Comboios de ajuda humanitária partem para áreas sitiadas da Síria

Alimentos e remédios são esperados em sete locais, incluindo Madaya e Zabadani.

BEIRUTE — O primeiro comboio de ajuda humanitária carregado de alimentos e remédios entrou nesta quarta-feira em áreas sitiadas no subúrbio de Damasco informou o grupo Crescente Vermelho, um dia depois de o regime de Bashar al-Assad liberar o acesso. A remessa, anunciada pelo enviado especial da ONU Staffan de Mistura na terça-feira à noite, tem o objetivo de aliviar os civis que estão morrendo de fome em localidades cercadas por forças do governo ou progrupos rebeldes.

Entre os locais, estão as cidades de Madaya e Zabadani, sitiada pelo regime de Assad. Na província de Idlib, áreas isoladas por grupos rebeldes, como Fua e Kefraya, também vão receber a ajuda, afirmou o porta-voz da organização. Além dos suprimentos, entre eles trigo e alimentos energéticos, uma equipe médica vai aos locais.

O Crescente Vermelho sírio está coordenando as remessas aéreas com a ONU, que exigiu acesso irrestrito a todas as áreas sitiadas do país, onde afirma que centenas de milhares de pessoas são reféns dos combates e dos bloqueios deliberados dos vários participantes da guerra civil. Um triste exemplo é Madaya. Dezenas de pessoas morreram de fome na cidade depois de meses de cerco de forças governamentais e seus aliados.

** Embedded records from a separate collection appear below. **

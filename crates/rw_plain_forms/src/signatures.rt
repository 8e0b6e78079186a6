ghost use Rattle.std.specs.Prelude.{MatchResult, ◌<◌};
ghost use Rattle.rich_text.specs.Forms.{local_form, local_types_form};
ghost use Rattle.rich_text.specs.Grammars.{a_form, many};
ghost use Rattle.rw_parser.specs.Reads.{Reads, a_part, the_fields};
ghost use Rattle.rw_plain_forms.specs.Signatures.{FailsAtSignature, TookSignature};

use rw_parser::{Parser, ReadError};
use rw_type_forms::{read_type, read_type_list};
use rw_types::{BlockSig, List, LocalTy};

/// A local, and its type.
fn read_local(parser: &mut Parser<'_>) -> Result<LocalTy, ReadError>
    ensures { Reads (a_part (a_form local_form)) 0 parser.old parser.new result }
{
    parser.open()?;
    let index = parser.index()?;
    let ty = read_type(parser)?;
    parser.close()?;
    Ok(LocalTy { index, ty })
}

/// Locals with their types, and the `)` behind them.
fn read_locals(parser: &mut Parser<'_>) -> Result<List<LocalTy>, ReadError>
    requires { 0 < parser.old.left.depth }
    ensures { Reads (the_fields (many (a_form local_form))) 1 parser.old parser.new result }
{
    let mut locals = List::new(parser.alloc());
    while !parser.closes() {
        locals.push(read_local(parser)?)?;
    }
    Ok(locals)
}

/// A list of locals with their types; this project's own. An error is the first fault, or want of memory.
pub fn read_local_types(parser: &mut Parser<'_>) -> Result<List<LocalTy>, ReadError>
    ensures { Reads (a_part (a_form local_types_form)) 0 parser.old parser.new result }
{
    parser.open()?;
    let locals = read_locals(parser)?;
    Ok(locals)
}

/// The signature of a block, as it stands before other fields of its list; this project's own. An error is the first
/// fault, or want of memory.
pub fn read_signature(parser: &mut Parser<'_>) -> Result<BlockSig, ReadError>
    ensures { MatchResult result (TookSignature parser.old parser.new) (FailsAtSignature parser.old) }
{
    let params = read_type_list(parser)?;
    let results = read_type_list(parser)?;
    let locals = read_local_types(parser)?;
    Ok(BlockSig {
        params,
        results,
        locals,
    })
}
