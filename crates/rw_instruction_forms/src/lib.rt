//! Instructions that are read from a Rich text (this project's own), by recursive descent into those that hold instructions; a
//! list of instructions takes no recursion. Each reader reads what the grammar says, or tells the first fault (`Reads` of
//! `rw_parser`); want of memory alone is free.
#![tactic(auto)]

mod branches;
mod instructions;

pub use instructions::read_instructions;
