ghost use Rattle.std.specs.Prelude.{codes, ◌<◌};
ghost use Rattle.rich_text.specs.Forms.{argument_form};
ghost use Rattle.rich_text.specs.Grammars.{a_form, many};
ghost use Rattle.rw_parser.specs.Reads.{Reads, a_part, behind_head, the_fields};

use rw_parser::{FormStart, Parser, ReadError, bad_form, is_word};
use rw_type_forms::{only_index, read_type};
use rw_types::{Arg, List};

/// What stands behind `(loc`.
fn location_argument(parser: &mut Parser<'_>) -> Result<Arg, ReadError>
    requires { 0 < parser.old.left.depth }
    ensures { Reads (behind_head argument_form (codes "loc")) 1 parser.old parser.new result }
{
    let location = only_index(parser)?;
    Ok(Arg::Loc(location))
}

/// What stands behind `(type`.
fn type_argument(parser: &mut Parser<'_>) -> Result<Arg, ReadError>
    requires { 0 < parser.old.left.depth }
    ensures { Reads (behind_head argument_form (codes "type")) 1 parser.old parser.new result }
{
    let ty = read_type(parser)?;
    parser.close()?;
    Ok(Arg::Given(ty))
}

/// An argument.
fn read_argument(parser: &mut Parser<'_>) -> Result<Arg, ReadError>
    ensures { Reads (a_part (a_form argument_form)) 0 parser.old parser.new result }
{
    match parser.start()? {
        FormStart::Word(_word, at) => Err(bad_form(at)),
        FormStart::Head(word, at) => {
            if is_word(&word, b"loc") {
                location_argument(parser)
            } else if is_word(&word, b"type") {
                type_argument(parser)
            } else {
                Err(bad_form(at))
            }
        }
    }
}

/// Arguments, and the `)` behind them; this project's own. An error is the first fault, or want of memory.
pub fn read_arguments(parser: &mut Parser<'_>) -> Result<List<Arg>, ReadError>
    requires { 0 < parser.old.left.depth }
    ensures { Reads (the_fields (many (a_form argument_form))) 1 parser.old parser.new result }
{
    let mut arguments = List::new(parser.alloc());
    while !parser.closes() {
        arguments.push(read_argument(parser)?)?;
    }
    Ok(arguments)
}
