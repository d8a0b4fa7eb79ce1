// The last-use list: for each gate the number of the last gate that reads it.
#![tactic(auto)]

ghost use Rattle.std.specs.Prelude.{◌≡◌, ◌++◌, ◌≤◌, length, drop};
ghost use Rattle.circuit.specs.LastUse.{finding_last_uses};
ghost use Rattle.circuit.specs.Reading.{reading};
ghost use Rattle.liveness.specs.Listed.{listed_answer};
ghost use Rattle.liveness.specs.UsesIn.{uses_in};

use answer::Refusal;
use reader::Table;

// Enters the last uses of a table that was read. A later reader's number replaces an earlier one's,
// and what no gate reads keeps its own.
fn enter_uses(table: Table<'_>, list: &mut [u16])
    requires { table.outline.gates ≤ length list.old }
    ensures { list.new ≡ uses_in (reading table.entry.bytes.now) ++ drop table.entry.outline.gates list.old }
{
    for number in 0..table.outline.gates {
        let k = usize::from(number);
        records::enter_operands(table.record(k), number, list);
        list[k] = number;
    }
}

// The last use of each gate at the start of the list and the gate count as the answer, or a refusal,
// which leaves the list as it is.
pub fn last_uses(table: &[u8], list: &mut [u16]) -> Result<u16, Refusal>
    ensures answers { listed_answer result ≡ (finding_last_uses table.now list.old).answer }
    ensures leaves { list.new ≡ (finding_last_uses table.now list.old).lent }
{
    let read = reader::read_table(table)?;
    let count = read.outline.gates;
    if list.len() < usize::from(count) {
        return Err(Refusal::LastUseListTooShort);
    }
    enter_uses(read, list);
    Ok(count)
}
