// The state of a build as words, which programs keep between calls, and begin, add and finish over them.
#![tactic(auto)]

ghost use Rattle.std.specs.Prelude.{◌≡◌, ◌≤◌, length, map};
ghost use Rattle.answer.specs.Report.{report_answer};
ghost use Rattle.answer.specs.Settled.{settled_answer};
ghost use Rattle.query.specs.Card.{most_conditions};
ghost use Rattle.filling.specs.Filling.{beginning, adding, finishing};
ghost use Rattle.state.specs.State.{state_is};
ghost use Rattle.packing.specs.Words.{padded, words_of, wrong_words, state_in, words_after};
ghost use Rattle.packing.specs.Outputs.{gates_of, depths_of, outputs_in};

use answer::{Refusal, Report};
use card::MOST_CONDITIONS;
use state::BuildState;
use std::array;
use writer::Node;

// The most that a byte holds.
const MOST_BYTE: u16 = 255;

// The gates of outputs, and their depths, each with 0 after them.
fn spread(outputs: &[Node]) -> ([u16; MOST_CONDITIONS], [u16; MOST_CONDITIONS])
    requires { length outputs.now ≤ most_conditions }
    ensures gates { result.0 ≡ padded (gates_of outputs.now) }
    ensures depths { result.1 ≡ padded (depths_of outputs.now) }
{
    let mut gates = [0; MOST_CONDITIONS];
    let mut depths = [0; MOST_CONDITIONS];
    for (k, output) in outputs.iter().enumerate() {
        gates[k] = output.gate;
        depths[k] = output.depth;
    }
    (gates, depths)
}

// The words of a state.
fn words_of(state: &BuildState) -> [u16; 24]
    requires { state.now.count ≤ most_conditions }
    ensures { result ≡ words_of (state_is state.now) }
{
    let count = usize::from(state.count);
    let (gates, depths) = spread(&state.outputs[..count]);
    [
        u16::from(state.begun),
        u16::from(state.prime),
        u16::from(state.weight),
        u16::from(state.count),
        u16::from(state.slots),
        state.gates,
        state.products,
        state.squares,
        gates[0],
        gates[1],
        gates[2],
        gates[3],
        gates[4],
        gates[5],
        gates[6],
        gates[7],
        depths[0],
        depths[1],
        depths[2],
        depths[3],
        depths[4],
        depths[5],
        depths[6],
        depths[7],
    ]
}

// Whether one of the first words is too large for what it tells.
fn are_wrong(words: &[u16; 24]) -> bool
    ensures { result ≡ wrong_words words.now }
{
    1 < words[0]
        || MOST_BYTE < words[1]
        || MOST_BYTE < words[2]
        || MOST_CONDITIONS < usize::from(words[3])
        || MOST_BYTE < words[4]
}

// The outputs that words tell, of as many conditions as there may be.
fn outputs_in(words: &[u16; 24]) -> [Node; MOST_CONDITIONS]
    ensures { result ≡ outputs_in words.now }
{
    array::from_fn(|k| Node {
        gate: words[8 + k],
        depth: words[16 + k],
    })
}

// The state that words tell. Where one of them is too large, no build is open.
fn state_in(words: &[u16; 24]) -> BuildState
    ensures { state_is result ≡ state_in words.now }
{
    if are_wrong(words) {
        return BuildState::none();
    }
    BuildState {
        begun: words[0] == 1,
        prime: words[1] as u8,
        weight: words[2] as u8,
        count: words[3] as u8,
        slots: words[4] as u8,
        gates: words[5],
        products: words[6],
        squares: words[7],
        outputs: outputs_in(words),
    }
}

// Starts a build afresh, also over an open one: the head of a table of no gates.
pub fn begin(words: &mut [u16; 24], prime: u8, weight: u8, table: &mut [u8]) -> Result<(), Refusal>
    ensures answers { settled_answer result ≡ (beginning (state_in words.old) prime weight table.old).answer }
    ensures words { words.new ≡ words_after words.old (beginning (state_in words.old) prime weight table.old) }
    ensures leaves { table.new ≡ (beginning (state_in words.old) prime weight table.old).lent }
{
    let mut state = state_in(words);
    filler::begin(&mut state, prime, weight, table)?;
    *words = words_of(&state);
    Ok(())
}

// Adds the condition of a record after those so far.
pub fn add(words: &mut [u16; 24], bytes: &[u8], table: &mut [u8]) -> Result<(), Refusal>
    ensures answers { settled_answer result ≡ (adding (state_in words.old) bytes.now table.old).answer }
    ensures words { words.new ≡ words_after words.old (adding (state_in words.old) bytes.now table.old) }
    ensures leaves { table.new ≡ (adding (state_in words.old) bytes.now table.old).lent }
{
    let mut state = state_in(words);
    filler::add(&mut state, bytes, table)?;
    *words = words_of(&state);
    Ok(())
}

// Ends the table with the product tree over the conditions' outputs and closes the build, which clears the words.
pub fn finish(words: &mut [u16; 24], table: &mut [u8]) -> Result<Report, Refusal>
    ensures answers { report_answer result ≡ (finishing (state_in words.old) table.old).answer }
    ensures words { words.new ≡ words_after words.old (finishing (state_in words.old) table.old) }
    ensures leaves { table.new ≡ (finishing (state_in words.old) table.old).lent }
{
    let mut state = state_in(words);
    let told = filler::finish(&mut state, table)?;
    *words = [0; 24];
    Ok(told)
}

Nesta quarta-feira, funcionários da ONU se reúnem para decidir sobre uma possível remessa por ar na região de Deir ez-Zor, onde milhares de pessoas estão cercadas pelo Estado Islâmico

Durante uma cúpula em Berlim sobre os centenas de milhares de refugiados que chegaram à Europa nos últimos meses, muitos deles sírios, a chanceler alemã, Angela Merkel, classificou a situação no país em guerra como insuportável, se referindo aos recentes bombardeios nas províncias do Norte que atingiram hospitais. Ela também insistiu na sua proposta sobre a criação de uma área de exclusão aérea para proteger os civis e pediu aos líderes europeus uma ação comum sobre o fluxo de refugiados.

A chefe do governo alemão está cada vez mais isolada dentro da União Europeia sobre a questão dos refugiados e, até o momento, só cerca de 100 refugiados que chegaram na Itália e na Grécia foram realocados. A meta era que 160 mil tivessem sido distribuídos no ano passado.

A França, principal aliado da Alemanha na Europa, distanciou-se de Merkel na semana passada depois de o primeiro-ministro Manuel Valls afirmar que tal política não poderia ser mantida a longo prazo. A Áustria, que atuou em coordenação com a Alemanha em 2015, também expressou reticências e reforçou a sua política de imigração, estabelecendo limites de entradas.